Task to complete:
Whenever the word "calls" turns up in a line below, that line should be copied.

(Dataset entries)
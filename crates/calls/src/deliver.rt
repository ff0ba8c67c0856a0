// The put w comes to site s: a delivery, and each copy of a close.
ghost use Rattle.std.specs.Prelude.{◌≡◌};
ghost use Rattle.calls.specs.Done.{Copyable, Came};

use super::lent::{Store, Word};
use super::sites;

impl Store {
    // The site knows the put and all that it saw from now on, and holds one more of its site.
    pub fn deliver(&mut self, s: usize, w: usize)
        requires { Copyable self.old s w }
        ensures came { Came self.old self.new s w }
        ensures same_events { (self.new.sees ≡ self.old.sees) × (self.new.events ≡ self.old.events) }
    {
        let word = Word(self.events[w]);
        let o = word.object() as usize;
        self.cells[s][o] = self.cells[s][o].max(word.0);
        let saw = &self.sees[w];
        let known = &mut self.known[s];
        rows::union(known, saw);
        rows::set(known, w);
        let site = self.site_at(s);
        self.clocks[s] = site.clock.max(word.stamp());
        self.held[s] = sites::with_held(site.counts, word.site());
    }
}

Written solution:
filename crates/calls/src/deliver.rt
ghost use Rattle.calls.specs.Done.{Copyable, Came};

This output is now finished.